5.1.  Public-Key Encrypted Session Key Packets (Tag 1)

   A Public-Key Encrypted Session Key packet holds the session key used
   to encrypt a message.  Zero or more Public-Key Encrypted Session Key
   packets and/or Symmetric-Key Encrypted Session Key packets may
   precede a Symmetrically Encrypted Data Packet, which holds an
   encrypted message.  The message is encrypted with the session key,
   and the session key is itself encrypted and stored in the Encrypted
   Session Key packet(s).  The Symmetrically Encrypted Data Packet is
   preceded by one Public-Key Encrypted Session Key packet for each
   OpenPGP key to which the message is encrypted.  The recipient of the
   message finds a session key that is encrypted to their public key,
   decrypts the session key, and then uses the session key to decrypt
   the message.

---

So, what we're looking for is a packet with Tag 1: Public-Key Encrypted Session Key Packet, which contains the encrypted symmetric key that was used to encrypt message.

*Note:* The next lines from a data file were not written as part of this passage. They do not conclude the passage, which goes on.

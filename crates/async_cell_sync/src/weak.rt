ghost use Rattle.std.specs.Prelude.{◌≡◌, ℕ, Err, IfOk, IfSome};
ghost use Rattle.futures.specs.Poll.{IfReady, OnPending};
ghost use Rattle.futures.specs.Task.{Covers, Keeps};
ghost use Rattle.async_cell_model.specs.Refusal.{FailsWithMemory};
ghost use Rattle.async_cell_step.specs.Upgrade.{FailsToUpgrade};
ghost use Rattle.async_cell_sync.specs.Names.{IsLost, NameAtMostTheSame, NameTheSame, Names, OwnsNamed};
ghost use Rattle.async_cell_sync.specs.Owned.{cell_owned};
ghost use Rattle.async_cell_sync.specs.Source.{source_of, IsSourceOf};

use crate::async_cell::AsyncCell;
use crate::owner::Owner;
use crate::shared::Shared;
use crate::take::{GetWeak, TakeWeak};
use async_cell_core::{Refusal, TaskWaker};
use async_cell_history::{Anyone, CellCore, Nobody, Protocol, Unruled};
use async_cell_step::{At, Query, With, weakly};
use futures::task::{Context, Poll};
use std::alloc::AllocError;
use std::sync::{Arc, Wait};

/// A weak pointer to a cell. It does not count as an owner. `Shared::downgrade` makes a `Weak`.
/// `TakeWeak(weak).with(rt)` and `GetWeak(weak).with(rt)` turn a `Weak` into a future. `Weak::with`
/// turns a `Weak` into a `WeakOwner`, whose calls take no `rt`.
#[derive(Drop)]
#[derive_where(Debug)]
pub struct Weak<T, N: Protocol<T, TaskWaker> = Unruled> {
    /// `None` if the pointer could not be counted when it was made.
    #[derive_where(skip)]
    pub(crate) cell: Option<Arc<AsyncCell<T, N>>>,
}

impl<T: Drop, N: Protocol<T, TaskWaker>> Weak<T, N> {
    /// Returns the cell. Fails with `Memory` if the pointer could not be counted when it was made.
    pub(crate) fn cell(&self) -> Result<&AsyncCell<T, N>, Refusal>
        ensures source { IfOk result (λ c. (s : ℕ) → IsSourceOf self.now s → s ≡ source_of c.now) }
        ensures lost { IsLost self.now → result ≡ Err Refusal.Memory }
        ensures refused { FailsWithMemory result }
    {
        match &self.cell {
            Some(cell) => Ok(cell.as_ref()),
            None => Err(Refusal::Memory),
        }
    }

    /// As `AsyncCell::poll`, but gives `None` on a closed cell. Also fails when `cell` fails.
    #[inline(always)]
    pub(crate) fn poll<Q: Query<CellCore<T, TaskWaker, N>>, R: Wait>(
        &self,
        query: Q,
        at: At<'_>,
        cx: &mut Context<'_>,
        rt: &R,
    ) -> Poll<Result<Option<Q::Answer>, Refusal>>
        requires asks { Q.asks query }
        ensures gives { IfReady result (λ a. IfOk a (λ found. IfSome found (Q.gives query))) }
        ensures lost { IsLost self.now → result ≡ Poll.Ready (Err Refusal.Memory) }
        ensures refused { IfReady result FailsWithMemory }
        ensures registered { OnPending result (Covers cx.new (IsSourceOf self.now)) }
        ensures kept { Keeps cx.old cx.new }
    {
        match self.cell() {
            Ok(cell) => weakly(cell.poll(query, at, cx, rt)),
            Err(why) => Poll::Ready(Err(why)),
        }
    }

    /// Returns another pointer to the same cell. If the new pointer cannot be counted, it points to
    /// no cell.
    pub(crate) fn again(&self) -> Self
        ensures of_this { NameAtMostTheSame self.now result }
    {
        let copy: Result<_, _> = self.clone();
        copy.unwrap_or(Weak { cell: None })
    }

    /// Makes a `WeakOwner` from this pointer and `rt`, the right to wait for the lock. The calls of
    /// the `WeakOwner` take no `rt`.
    pub fn with<R: Wait>(self, rt: R) -> WeakOwner<T, R, N>
        ensures points { result.weak ≡ self }
    {
        WeakOwner { weak: self, rt }
    }

    /// Returns whether the last owner has ended. If it has, no owner can be made. Fails with
    /// `Memory` if this weak pointer could not be counted when it was made.
    pub fn is_closed<R: Wait>(&self, rt: &R) -> Result<bool, Refusal>
        ensures lost { IsLost self.now → result ≡ Err Refusal.Memory }
        ensures refused { FailsWithMemory result }
    {
        Ok(self.cell()?.is_closed(rt))
    }

    /// Returns whether the cell holds a value. A closed cell holds none. Fails with `Memory` if
    /// this weak pointer could not be counted when it was made.
    pub fn is_set<R: Wait>(&self, rt: &R) -> Result<bool, Refusal>
        ensures lost { IsLost self.now → result ≡ Err Refusal.Memory }
        ensures refused { FailsWithMemory result }
    {
        Ok(self.cell()?.is_set(rt))
    }

    /// Makes an owner. Fails with `Memory` if the count of the cell's `Arc` is full, or if this
    /// weak pointer could not be counted when it was made. These two causes are checked first.
    /// Returns `None` if the cell is closed. Fails with `OwnersFull` at 4,294,967,295 owners.
    pub fn upgrade<R: Wait>(&self, rt: &R) -> Result<Option<Shared<T, N>>, Refusal>
        ensures of_this { IfOk result (λ found. IfSome found (OwnsNamed self.now)) }
        ensures lost { IsLost self.now → result ≡ Err Refusal.Memory }
        ensures refused { FailsToUpgrade result }
    {
        let Some(cell) = &self.cell else {
            return Err(Refusal::Memory);
        };
        match Shared::counted(cell, &Anyone, &mut Nobody, rt) {
            Ok(owner) => Ok(Some(owner)),
            Err(Refusal::Closed) => Ok(None),
            Err(why) => Err(why),
        }
    }
}

/// A clone points to the same cell.
impl<T: Drop, N: Protocol<T, TaskWaker>> Clone for Weak<T, N> {
    ghost is_clone = { λ weak copy. NameTheSame weak copy };

    fn clone(&self) -> Result<Weak<T, N>, AllocError> {
        let cell = self.cell.clone()?;
        Ok(Weak { cell })
    }
}

/// A weak pointer to a cell, with the right to wait for its lock. It is no owner: it keeps the
/// cell's memory alive, not its value. `Owner::downgrade` makes one. Its drop takes no lock.
#[derive(Drop)]
#[derive_where(Debug)]
pub struct WeakOwner<T, R, N: Protocol<T, TaskWaker> = Unruled> {
    #[derive_where(skip)]
    pub(crate) weak: Weak<T, N>,
    #[derive_where(skip)]
    pub(crate) rt: R,
}

impl<T: Drop, R: Wait + Copy, N: Protocol<T, TaskWaker>> WeakOwner<T, R, N> {
    /// As `Weak::upgrade`, but makes an `Owner`, which has the right to wait.
    ///
    /// ```rust
    /// let slot = Owner::new_with(rt.alloc(), 7, rt)?;
    /// let weak = slot.downgrade();
    /// println!(rt; "{}", weak.upgrade()?.is_some())?; // prints true
    /// drop(slot);
    /// println!(rt; "{}", weak.upgrade()?.is_some())?; // prints false
    /// println!(rt; "{}", weak.is_closed()?)?; // prints true
    /// ```
    pub fn upgrade(&self) -> Result<Option<Owner<T, R, N>>, Refusal>
        ensures of_this { IfOk result (λ found. IfSome found (λ owner.
            Names self.now.weak (cell_owned owner))) }
        ensures lost { IsLost self.now.weak → result ≡ Err Refusal.Memory }
        ensures refused { FailsToUpgrade result }
    {
        match self.weak.upgrade(&self.rt)? {
            Some(owner) => Ok(Some(owner.with(self.rt))),
            None => Ok(None),
        }
    }

    /// As `Weak::is_closed`.
    pub fn is_closed(&self) -> Result<bool, Refusal>
        ensures lost { IsLost self.now.weak → result ≡ Err Refusal.Memory }
        ensures refused { FailsWithMemory result }
    {
        self.weak.is_closed(&self.rt)
    }

    /// As `Weak::is_set`.
    pub fn is_set(&self) -> Result<bool, Refusal>
        ensures lost { IsLost self.now.weak → result ≡ Err Refusal.Memory }
        ensures refused { FailsWithMemory result }
    {
        self.weak.is_set(&self.rt)
    }

    /// As `Owner::take_weak`. The future also fails with `Memory` if this weak owner could not be
    /// counted when it was made.
    pub fn take(&self) -> With<TakeWeak<T, N>, R>
        ensures of_this { NameAtMostTheSame self.now.weak result.polled.0 }
    {
        TakeWeak(self.weak.again()).with(self.rt)
    }

    /// As `take`, but the future clones the value.
    pub fn get(&self) -> With<GetWeak<T, N>, R>
    where
        T: Clone,
        ensures of_this { NameAtMostTheSame self.now.weak result.polled.0 }
    {
        GetWeak(self.weak.again()).with(self.rt)
    }
}

/// A clone points to the same cell.
impl<T: Drop, R: Copy, N: Protocol<T, TaskWaker>> Clone for WeakOwner<T, R, N> {
    ghost is_clone = { λ weak copy. NameTheSame weak.weak copy.weak };

    fn clone(&self) -> Result<WeakOwner<T, R, N>, AllocError> {
        let weak = self.weak.clone()?;
        Ok(WeakOwner { weak, rt: self.rt })
    }
}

Let's generate an Elliptic Curve25519 test key and experiment:

gpg --expert --full-gen-key

pub   ed25519 2019-01-05 [SC]
      8142894DE02523BAC0B830518D1D7EACEC02106D
uid           [ultimate] Demo Key 2 (Delete Me) <[email protected]>
sub   cv25519 2019-01-05 [E]

Here's a listing of the generated key:

gpg --list-key --keyid-format long [email protected]

pub   ed25519/8D1D7EACEC02106D 2019-01-05 [SC]
      8142894DE02523BAC0B830518D1D7EACEC02106D
uid                 [ultimate] Demo Key 2 (Delete Me) <[email protected]>
sub   cv25519/7B2F2DF3D9ABA877 2019-01-05 [E]

Now create an encrypted message:

echo -e "Hello There.\n" | gpg -o message.gpg -er [email protected]

Let's look at what's in the encrypted message:

gpg --list-packets message.gpg

gpg: encrypted with 256-bit ECDH key, ID 7B2F2DF3D9ABA877, created 2019-01-05
      "Demo Key 2 (Delete Me) <[email protected]>"
# off=0 ctb=84 tag=1 hlen=2 plen=94
:pubkey enc packet: version 3, algo 18, keyid 7B2F2DF3D9ABA877
    data: [263 bits]
    data: [392 bits]
# off=96 ctb=d2 tag=18 hlen=2 plen=73 new-ctb
:encrypted data packet:
    length: 73
    mdc_method: 2
# off=117 ctb=a3 tag=8 hlen=1 plen=0 indeterminate
:compressed packet: algo=2
# off=119 ctb=cb tag=11 hlen=2 plen=20 new-ctb
:literal data packet:
    mode b (62), created 1546740749, name="",
    raw data: 14 bytes

Yes, indeed there is a packet with Tag 1. This packet contains an encrypted symmetric session key which was used to encrypt the message.

It's useful to note that there is very little effective difference between the process of how GPG encrypts messages and how TLS functions at the cryptographic level. The protocol is a bit different and the trust anchors are different, but the mechanism used to encrypt the data and decrypt it at the far end are nearly the same. In both cases, there is a symmetric session key that is used to encrypt the message. In both cases, the symmetric message key is encrypted with the public key of the receiver and sent along with the encrypted message itself.

It's clear that your described algorithm matches what is routinely done programmatically by many modern cryptographic messaging systems.

So, yes GPG satisfies the requirement on the transmission side. However, how can you be sure that the transmitted message or file has not been replaced?

And this is where the server signatures on the file become important. Many software developers have adopted the method of generating a SHA256SUM hash of the distributed file and then signing the hash sum list with the developer private key. The signed sums are distributed via TLS enabled web pages. This completes the loop. The receiver of the file can now ensure that the received file is the same file distributed by the server by checking the downloaded file's hash against the server displayed and signed hash list.